--- ASSIGNMENT ---
A complete and exact copy of the data below is required.

(Dataset entries)
━━━━━━━━━━━━━━━━
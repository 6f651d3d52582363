// The row of each target.
ghost use Rattle.std.specs.Prelude.{◌≡◌, ◌<◌, ◌+◌, [], IfOk, MatchOption, Some, None, length, map, slice_index_or, All};
ghost use Rattle.std.specs.Bool.{Decides};
ghost use Rattle.std.specs.List.{range_with_len};
ghost use Rattle.multi_index.specs.Axes.{HaveLevels};
ghost use Rattle.meaning_align.specs.pick.Rows.{only_row};
ghost use Rattle.meaning_align.specs.Targets.{reindexed};
ghost use Rattle.row_keys.specs.Keys.{same_tuple};
ghost use Rattle.label_align.specs.Answers.{AlignsBy, as_it_is};
ghost use Rattle.label_align.specs.Targets.{IsFirstRepeat, NoneRepeats, row_below};

use crate::fault::AlignFault;
use cell_core::{Gaps, NoMemory, Tuple};
use multi_index::Axis;
use row_keys::{Buckets, LevelRows, numbered, rows_by_code};
use std::alloc::Global;

// Whether the axis has these tuples, row by row.
#[tactic(auto, using(index_core::proofs::SameLaws::holds, index_core::proofs::SameLaws::all_same))]
fn has_tuples<R: LevelRows>(alloc: Global, axis: &Axis, tuples: &R) -> bool
    requires { HaveLevels (length axis.now.names) (R.tuples tuples.now) }
    ensures { Decides result (axis.now.tuples ≡ R.tuples tuples.now) }
{
    if axis.len() != tuples.count() {
        return false;
    }
    for row in 0..axis.len() {
        if !has_tuple(axis, row, &tuples.tuple(alloc, row)) {
            return false;
        }
    }
    true
}

// Whether a row of the axis has this tuple.
#[tactic(auto, using(index_core::proofs::SameLaws::holds, index_core::proofs::SameLaws::all_same))]
fn has_tuple(axis: &Axis, row: usize, tuple: &Tuple) -> bool
    requires row { row < length axis.now.tuples }
    requires levels { length tuple.now ≡ length axis.now.names }
    ensures { Decides result (slice_index_or axis.now.tuples row [] ≡ tuple.now) }
{
    for level in 0..axis.levels() {
        if axis.label(row, level) != tuple.at(level) {
            return false;
        }
    }
    true
}

// All rows in order.
fn all_rows(alloc: Global, count: usize) -> Result<Gaps, NoMemory>
    ensures { IfOk result (λ rows. rows ≡ map Some (range_with_len 0 count)) }
{
    let mut rows = Vec::with_capacity(alloc, count)?;
    for row in 0..count {
        rows.push(Some(row))?;
    }
    Ok(Gaps::from(rows))
}

// The first of these codes that has more rows than one, by its place.
fn first_repeat(rows: &Buckets, codes: &[usize]) -> Option<usize>
    requires { All (λ code. code < length rows.now) codes.now }
    ensures { MatchOption result
        (NoneRepeats rows.now codes.now) (IsFirstRepeat rows.now codes.now) }
{
    for place in 0..codes.len() {
        if rows.rows(codes[place]).len() > 1 {
            return Some(place);
        }
    }
    None
}

// The only row of each code, or a gap.
fn rows_of_codes(alloc: Global, rows: &Buckets, codes: &[usize]) -> Result<Gaps, NoMemory>
    requires { All (λ code. code < length rows.now) codes.now }
    ensures { IfOk result (λ gaps. gaps
        ≡ map (λ code. only_row (slice_index_or rows.now code [])) codes.now) }
{
    let mut gaps = Vec::with_capacity(alloc, codes.len())?;
    for code in codes {
        gaps.push(row_if_one(rows.rows(*code)))?;
    }
    Ok(Gaps::from(gaps))
}

// Whether these are the numbers from 0 on, as codes by first sight are where no key stands twice.
#[tactic(auto, using(crate::proofs::Hints::are_in_sequence))]
fn are_in_sequence(codes: &[usize]) -> bool
    ensures { Decides result (codes.now ≡ range_with_len 0 (length codes.now)) }
{
    for place in 0..codes.len() {
        if codes[place] != place {
            return false;
        }
    }
    true
}

// Each code below the count as a row, and a gap for the others.
fn rows_below(alloc: Global, count: usize, codes: &[usize]) -> Result<Gaps, NoMemory>
    ensures { IfOk result (λ gaps. gaps ≡ map (row_below count) codes.now) }
{
    let mut gaps = Vec::with_capacity(alloc, codes.len())?;
    for code in codes {
        gaps.push(if *code < count { Some(*code) } else { None })?;
    }
    Ok(Gaps::from(gaps))
}

// The row of a list that has just one.
fn row_if_one(rows: &[usize]) -> Option<usize>
    ensures { result ≡ only_row rows.now }
{
    if rows.len() == 1 { Some(rows[0]) } else { None }
}

/// The row of each target tuple on an axis, or a gap where it has none ("Reindexing and altering labels" in the
/// pandas user guide). Where the targets are the axis' tuples, these are all rows in order. Texts are told apart
/// by their numbers.
///
/// # Errors
///
/// Where the targets are other tuples, `DuplicateLabels` with the first tuple of the axis that stands on more
/// than one row, exactly where there is one. `NoMemory` may come in place of any answer, and `TooLarge` never
/// comes.
#[tactic(auto, using(crate::proofs::Hints::reindex))]
pub fn reindex<R: LevelRows>(alloc: Global, a: &Axis, target: &R) -> Result<Gaps, AlignFault>
    requires { HaveLevels (length a.now.names) (R.tuples target.now) }
    ensures { AlignsBy as_it_is result (reindexed same_tuple a.now.tuples (R.tuples target.now)) }
{
    if has_tuples(alloc, a, target) {
        let rows = all_rows(alloc, a.len())?;
        return Ok(rows);
    }
    let numbers = numbered(alloc, a, target, a.levels())?;
    let codes: &[usize] = &numbers.codes;
    let firsts: &[usize] = &numbers.firsts;
    let (of_axis, of_target) = codes.split_at(a.len());
    if are_in_sequence(of_axis) {
        let gaps = rows_below(alloc, a.len(), of_target)?;
        return Ok(gaps);
    }
    let rows = rows_by_code(alloc, firsts.len(), of_axis)?;
    if let Some(row) = first_repeat(&rows, of_axis) {
        return Err(AlignFault::DuplicateLabels(a.tuple(alloc, row)));
    }
    let gaps = rows_of_codes(alloc, &rows, of_target)?;
    Ok(gaps)
}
━━━━━━━━━━━━━━━━
--- OUTPUT ---
repository 6f651d3d52582363
// The row of each target.
ghost use Rattle.std.specs.Prelude.{◌≡◌, ◌<◌, ◌+◌, [], IfOk, MatchOption, Some, None, length, map, slice_index_or, All};
ghost use Rattle.std.specs.Bool.{Decides};
ghost use Rattle.std.specs.List.{range_with_len};
ghost use Rattle.multi_index.specs.Axes.{HaveLevels};
ghost use Rattle.meaning_align.specs.pick.Rows.{only_row};
ghost use Rattle.meaning_align.specs.Targets.{reindexed};
ghost use Rattle.row_keys.specs.Keys.{same_tuple};
ghost use Rattle.label_align.specs.Answers.{AlignsBy, as_it_is};
ghost use Rattle.label_align.specs.Targets.{IsFirstRepeat, NoneRepeats, row_below};

use crate::fault::AlignFault;
use cell_core::{Gaps, NoMemory, Tuple};
use multi_index::Axis;
use row_keys::{Buckets, LevelRows, numbered, rows_by_code};
use std::alloc::Global;

// Whether the axis has these tuples, row by row.
#[tactic(auto, using(index_core::proofs::SameLaws::holds, index_core::proofs::SameLaws::all_same))]
fn has_tuples<R: LevelRows>(alloc: Global, axis: &Axis, tuples: &R) -> bool
    requires { HaveLevels (length axis.now.names) (R.tuples tuples.now) }
    ensures { Decides result (axis.now.tuples ≡ R.tuples tuples.now) }
{
    if axis.len() != tuples.count() {
        return false;
    }
    for row in 0..axis.len() {
        if !has_tuple(axis, row, &tuples.tuple(alloc, row)) {
            return false;
        }
    }
    true
}

// Whether a row of the axis has this tuple.
#[tactic(auto, using(index_core::proofs::SameLaws::holds, index_core::proofs::SameLaws::all_same))]
fn has_tuple(axis: &Axis, row: usize, tuple: &Tuple) -> bool
    requires row { row < length axis.now.tuples }
    requires levels { length tuple.now ≡ length axis.now.names }
    ensures { Decides result (slice_index_or axis.now.tuples row [] ≡ tuple.now) }
{
    for level in 0..axis.levels() {
        if axis.label(row, level) != tuple.at(level) {
            return false;
        }
    }
    true
}

// All rows in order.
fn all_rows(alloc: Global, count: usize) -> Result<Gaps, NoMemory>
    ensures { IfOk result (λ rows. rows ≡ map Some (range_with_len 0 count)) }
{
    let mut rows = Vec::with_capacity(alloc, count)?;
    for row in 0..count {
        rows.push(Some(row))?;
    }
    Ok(Gaps::from(rows))
}

// The first of these codes that has more rows than one, by its place.
fn first_repeat(rows: &Buckets, codes: &[usize]) -> Option<usize>
    requires { All (λ code. code < length rows.now) codes.now }
    ensures { MatchOption result
        (NoneRepeats rows.now codes.now) (IsFirstRepeat rows.now codes.now) }
{
    for place in 0..codes.len() {
        if rows.rows(codes[place]).len() > 1 {
            return Some(place);
        }
    }
    None
}

// The only row of each code, or a gap.
fn rows_of_codes(alloc: Global, rows: &Buckets, codes: &[usize]) -> Result<Gaps, NoMemory>
    requires { All (λ code. code < length rows.now) codes.now }
    ensures { IfOk result (λ gaps. gaps
        ≡ map (λ code. only_row (slice_index_or rows.now code [])) codes.now) }
{
    let mut gaps = Vec::with_capacity(alloc, codes.len())?;
    for code in codes {
        gaps.push(row_if_one(rows.rows(*code)))?;
    }
    Ok(Gaps::from(gaps))
}

// Whether these are the numbers from 0 on, as codes by first sight are where no key stands twice.
#[tactic(auto, using(crate::proofs::Hints::are_in_sequence))]
fn are_in_sequence(codes: &[usize]) -> bool
    ensures { Decides result (codes.now ≡ range_with_len 0 (length codes.now)) }
{
    for place in 0..codes.len() {
        if codes[place] != place {
            return false;
        }
    }
    true
}

// Each code below the count as a row, and a gap for the others.
fn rows_below(alloc: Global, count: usize, codes: &[usize]) -> Result<Gaps, NoMemory>
    ensures { IfOk result (λ gaps. gaps ≡ map (row_below count) codes.now) }
{
    let mut gaps = Vec::with_capacity(alloc, codes.len())?;
    for code in codes {
        gaps.push(if *code < count { Some(*code) } else { None })?;
    }
    Ok(Gaps::from(gaps))
}

// The row of a list that has just one.
fn row_if_one(rows: &[usize]) -> Option<usize>
    ensures { result ≡ only_row rows.now }
{
    if rows.len() == 1 { Some(rows[0]) } else { None }
}

/// The row of each target tuple on an axis, or a gap where it has none ("Reindexing and altering labels" in the
/// pandas user guide). Where the targets are the axis' tuples, these are all rows in order. Texts are told apart
/// by their numbers.
///
/// # Errors
///
/// Where the targets are other tuples, `DuplicateLabels` with the first tuple of the axis that stands on more
/// than one row, exactly where there is one. `NoMemory` may come in place of any answer, and `TooLarge` never
/// comes.
#[tactic(auto, using(crate::proofs::Hints::reindex))]
pub fn reindex<R: LevelRows>(alloc: Global, a: &Axis, target: &R) -> Result<Gaps, AlignFault>
    requires { HaveLevels (length a.now.names) (R.tuples target.now) }
    ensures { AlignsBy as_it_is result (reindexed same_tuple a.now.tuples (R.tuples target.now)) }
{
    if has_tuples(alloc, a, target) {
        let rows = all_rows(alloc, a.len())?;
        return Ok(rows);
    }
    let numbers = numbered(alloc, a, target, a.levels())?;
    let codes: &[usize] = &numbers.codes;
    let firsts: &[usize] = &numbers.firsts;
    let (of_axis, of_target) = codes.split_at(a.len());
    if are_in_sequence(of_axis) {
        let gaps = rows_below(alloc, a.len(), of_target)?;
        return Ok(gaps);
    }
    let rows = rows_by_code(alloc, firsts.len(), of_axis)?;
    if let Some(row) = first_repeat(&rows, of_axis) {
        return Err(AlignFault::DuplicateLabels(a.tuple(alloc, row)));
    }
    let gaps = rows_of_codes(alloc, &rows, of_target)?;
    Ok(gaps)
}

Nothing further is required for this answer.